* What is being asked
If a line below contains the string "CodeCount", copy it out.

* Source data

——

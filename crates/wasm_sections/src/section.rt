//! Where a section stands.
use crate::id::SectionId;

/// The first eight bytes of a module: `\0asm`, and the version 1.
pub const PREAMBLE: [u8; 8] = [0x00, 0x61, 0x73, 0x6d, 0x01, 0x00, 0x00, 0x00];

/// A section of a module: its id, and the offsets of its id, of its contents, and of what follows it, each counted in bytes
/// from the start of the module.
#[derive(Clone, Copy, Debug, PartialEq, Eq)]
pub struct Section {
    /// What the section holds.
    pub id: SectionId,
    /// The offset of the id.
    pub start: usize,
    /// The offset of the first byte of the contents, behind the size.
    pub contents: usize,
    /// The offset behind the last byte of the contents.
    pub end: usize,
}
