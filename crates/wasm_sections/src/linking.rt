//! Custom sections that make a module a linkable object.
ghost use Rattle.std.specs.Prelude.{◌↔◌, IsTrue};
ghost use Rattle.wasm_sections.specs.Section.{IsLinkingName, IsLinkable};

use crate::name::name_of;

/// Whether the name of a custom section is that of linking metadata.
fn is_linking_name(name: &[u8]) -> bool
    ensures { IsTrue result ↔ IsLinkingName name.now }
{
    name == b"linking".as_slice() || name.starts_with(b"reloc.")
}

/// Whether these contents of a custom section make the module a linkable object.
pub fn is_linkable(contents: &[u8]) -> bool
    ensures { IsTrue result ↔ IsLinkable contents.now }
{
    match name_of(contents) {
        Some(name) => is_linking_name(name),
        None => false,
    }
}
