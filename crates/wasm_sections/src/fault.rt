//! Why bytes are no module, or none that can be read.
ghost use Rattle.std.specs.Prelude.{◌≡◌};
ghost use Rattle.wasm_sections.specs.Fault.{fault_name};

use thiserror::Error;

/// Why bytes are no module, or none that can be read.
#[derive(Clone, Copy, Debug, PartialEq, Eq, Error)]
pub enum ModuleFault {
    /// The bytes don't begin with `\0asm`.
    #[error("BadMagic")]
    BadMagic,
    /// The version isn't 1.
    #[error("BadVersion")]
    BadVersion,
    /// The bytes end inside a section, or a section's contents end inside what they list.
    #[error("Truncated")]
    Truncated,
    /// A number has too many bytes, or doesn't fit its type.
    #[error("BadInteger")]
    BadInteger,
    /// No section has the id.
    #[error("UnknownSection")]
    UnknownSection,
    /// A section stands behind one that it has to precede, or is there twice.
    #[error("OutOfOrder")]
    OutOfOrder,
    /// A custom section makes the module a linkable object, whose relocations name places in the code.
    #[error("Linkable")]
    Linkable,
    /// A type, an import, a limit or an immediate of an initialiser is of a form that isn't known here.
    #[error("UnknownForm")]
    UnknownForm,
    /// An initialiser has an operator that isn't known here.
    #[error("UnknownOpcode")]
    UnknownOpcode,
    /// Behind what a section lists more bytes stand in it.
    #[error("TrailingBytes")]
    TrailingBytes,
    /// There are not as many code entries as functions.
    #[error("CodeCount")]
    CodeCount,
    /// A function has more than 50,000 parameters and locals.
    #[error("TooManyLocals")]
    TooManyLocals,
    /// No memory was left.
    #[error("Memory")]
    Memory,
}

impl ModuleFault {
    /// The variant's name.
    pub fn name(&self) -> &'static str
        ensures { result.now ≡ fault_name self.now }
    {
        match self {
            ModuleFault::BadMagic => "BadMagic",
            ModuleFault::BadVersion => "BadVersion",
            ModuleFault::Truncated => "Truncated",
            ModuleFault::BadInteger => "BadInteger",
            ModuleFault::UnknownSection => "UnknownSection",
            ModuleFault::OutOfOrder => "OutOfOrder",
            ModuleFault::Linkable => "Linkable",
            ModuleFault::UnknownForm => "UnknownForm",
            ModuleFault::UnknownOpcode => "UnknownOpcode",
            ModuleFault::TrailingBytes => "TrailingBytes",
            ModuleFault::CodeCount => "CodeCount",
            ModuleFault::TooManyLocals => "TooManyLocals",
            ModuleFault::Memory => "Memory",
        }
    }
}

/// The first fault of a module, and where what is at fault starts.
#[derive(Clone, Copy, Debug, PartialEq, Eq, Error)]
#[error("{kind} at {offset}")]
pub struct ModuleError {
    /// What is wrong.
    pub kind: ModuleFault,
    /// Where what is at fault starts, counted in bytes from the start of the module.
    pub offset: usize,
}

——

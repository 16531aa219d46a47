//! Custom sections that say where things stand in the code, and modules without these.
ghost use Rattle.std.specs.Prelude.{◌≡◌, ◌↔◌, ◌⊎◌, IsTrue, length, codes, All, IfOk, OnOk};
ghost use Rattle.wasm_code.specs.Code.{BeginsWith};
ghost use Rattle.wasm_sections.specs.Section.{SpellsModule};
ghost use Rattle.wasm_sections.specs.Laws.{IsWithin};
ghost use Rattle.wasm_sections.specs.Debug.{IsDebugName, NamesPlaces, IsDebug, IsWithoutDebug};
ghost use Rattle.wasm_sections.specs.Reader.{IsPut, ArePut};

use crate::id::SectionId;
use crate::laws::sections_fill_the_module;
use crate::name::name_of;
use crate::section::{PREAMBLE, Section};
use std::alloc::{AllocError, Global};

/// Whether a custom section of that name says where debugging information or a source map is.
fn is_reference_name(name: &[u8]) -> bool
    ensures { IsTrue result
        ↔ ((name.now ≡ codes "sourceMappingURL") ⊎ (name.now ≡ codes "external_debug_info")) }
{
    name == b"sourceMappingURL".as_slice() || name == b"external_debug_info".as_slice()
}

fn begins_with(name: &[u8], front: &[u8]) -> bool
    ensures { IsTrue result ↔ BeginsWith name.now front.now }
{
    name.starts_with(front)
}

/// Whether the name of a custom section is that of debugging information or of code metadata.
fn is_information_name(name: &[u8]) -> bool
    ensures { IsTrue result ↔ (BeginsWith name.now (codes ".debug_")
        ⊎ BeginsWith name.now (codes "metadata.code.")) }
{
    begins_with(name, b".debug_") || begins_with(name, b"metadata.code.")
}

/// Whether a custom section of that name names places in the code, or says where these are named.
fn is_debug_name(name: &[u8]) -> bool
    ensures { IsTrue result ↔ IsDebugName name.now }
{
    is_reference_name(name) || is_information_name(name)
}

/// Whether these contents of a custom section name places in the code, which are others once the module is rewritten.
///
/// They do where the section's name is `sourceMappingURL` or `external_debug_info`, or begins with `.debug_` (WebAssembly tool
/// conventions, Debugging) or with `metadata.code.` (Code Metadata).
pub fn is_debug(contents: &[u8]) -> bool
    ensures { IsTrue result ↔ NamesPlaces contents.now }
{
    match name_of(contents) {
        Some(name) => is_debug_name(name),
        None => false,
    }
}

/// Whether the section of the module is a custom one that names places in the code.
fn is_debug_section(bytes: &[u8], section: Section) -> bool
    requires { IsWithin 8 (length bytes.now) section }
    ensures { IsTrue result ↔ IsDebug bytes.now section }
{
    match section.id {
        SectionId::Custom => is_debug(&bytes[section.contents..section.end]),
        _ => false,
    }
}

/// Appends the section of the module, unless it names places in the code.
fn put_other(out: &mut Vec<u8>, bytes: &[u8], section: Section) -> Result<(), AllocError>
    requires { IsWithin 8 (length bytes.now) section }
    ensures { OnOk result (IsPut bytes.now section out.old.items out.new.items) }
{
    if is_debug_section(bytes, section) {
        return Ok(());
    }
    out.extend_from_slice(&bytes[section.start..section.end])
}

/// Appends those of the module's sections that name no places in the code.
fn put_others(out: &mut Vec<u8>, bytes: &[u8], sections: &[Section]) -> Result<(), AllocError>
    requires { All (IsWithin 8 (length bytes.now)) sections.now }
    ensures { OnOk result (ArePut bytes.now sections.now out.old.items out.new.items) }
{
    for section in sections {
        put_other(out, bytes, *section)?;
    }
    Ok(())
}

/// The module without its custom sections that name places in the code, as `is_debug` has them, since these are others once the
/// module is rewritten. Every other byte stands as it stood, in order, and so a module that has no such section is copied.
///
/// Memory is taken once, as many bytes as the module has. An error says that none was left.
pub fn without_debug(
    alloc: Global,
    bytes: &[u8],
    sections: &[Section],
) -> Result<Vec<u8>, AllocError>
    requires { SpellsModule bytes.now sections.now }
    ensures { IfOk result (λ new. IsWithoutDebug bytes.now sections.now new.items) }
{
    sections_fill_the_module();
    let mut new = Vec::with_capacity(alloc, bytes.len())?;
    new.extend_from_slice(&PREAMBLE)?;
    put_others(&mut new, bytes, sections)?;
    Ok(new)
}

——

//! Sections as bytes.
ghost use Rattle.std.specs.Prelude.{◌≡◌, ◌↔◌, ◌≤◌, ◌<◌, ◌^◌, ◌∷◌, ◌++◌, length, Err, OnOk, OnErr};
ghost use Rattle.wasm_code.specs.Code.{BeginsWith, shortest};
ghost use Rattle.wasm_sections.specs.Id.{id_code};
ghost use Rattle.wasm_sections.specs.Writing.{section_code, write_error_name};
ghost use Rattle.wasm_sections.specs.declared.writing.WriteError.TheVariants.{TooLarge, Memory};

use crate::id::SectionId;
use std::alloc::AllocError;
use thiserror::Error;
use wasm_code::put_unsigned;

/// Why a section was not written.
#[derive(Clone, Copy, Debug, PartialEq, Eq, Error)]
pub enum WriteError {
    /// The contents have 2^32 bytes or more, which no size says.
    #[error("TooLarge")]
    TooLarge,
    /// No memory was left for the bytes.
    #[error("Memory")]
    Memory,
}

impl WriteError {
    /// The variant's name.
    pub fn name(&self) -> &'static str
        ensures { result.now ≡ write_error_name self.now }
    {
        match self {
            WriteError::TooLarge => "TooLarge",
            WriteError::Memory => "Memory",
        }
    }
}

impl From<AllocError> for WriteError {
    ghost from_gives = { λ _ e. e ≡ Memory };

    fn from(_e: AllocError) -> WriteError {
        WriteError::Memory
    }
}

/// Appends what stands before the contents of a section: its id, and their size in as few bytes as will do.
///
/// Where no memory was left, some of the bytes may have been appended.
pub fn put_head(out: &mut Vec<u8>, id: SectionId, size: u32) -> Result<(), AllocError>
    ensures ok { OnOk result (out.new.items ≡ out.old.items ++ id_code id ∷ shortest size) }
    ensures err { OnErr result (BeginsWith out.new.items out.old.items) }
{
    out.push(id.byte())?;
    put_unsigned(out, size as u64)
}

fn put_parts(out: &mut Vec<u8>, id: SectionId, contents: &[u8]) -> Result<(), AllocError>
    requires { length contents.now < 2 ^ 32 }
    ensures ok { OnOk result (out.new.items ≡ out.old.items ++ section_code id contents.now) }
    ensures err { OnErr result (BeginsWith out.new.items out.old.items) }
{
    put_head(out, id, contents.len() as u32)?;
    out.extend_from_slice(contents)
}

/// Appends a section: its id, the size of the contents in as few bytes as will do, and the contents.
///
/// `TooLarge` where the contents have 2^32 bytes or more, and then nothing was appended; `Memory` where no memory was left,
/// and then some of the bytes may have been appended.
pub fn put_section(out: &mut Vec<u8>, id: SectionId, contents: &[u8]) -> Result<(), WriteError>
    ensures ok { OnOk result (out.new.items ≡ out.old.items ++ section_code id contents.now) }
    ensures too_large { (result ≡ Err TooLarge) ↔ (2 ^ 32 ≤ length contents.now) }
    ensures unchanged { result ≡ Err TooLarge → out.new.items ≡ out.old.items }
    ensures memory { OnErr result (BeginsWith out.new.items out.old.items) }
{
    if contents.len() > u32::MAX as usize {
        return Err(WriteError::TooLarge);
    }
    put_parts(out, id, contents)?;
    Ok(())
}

——

* Your response
    #[error("CodeCount")]
    CodeCount,
            ModuleFault::CodeCount => "CodeCount",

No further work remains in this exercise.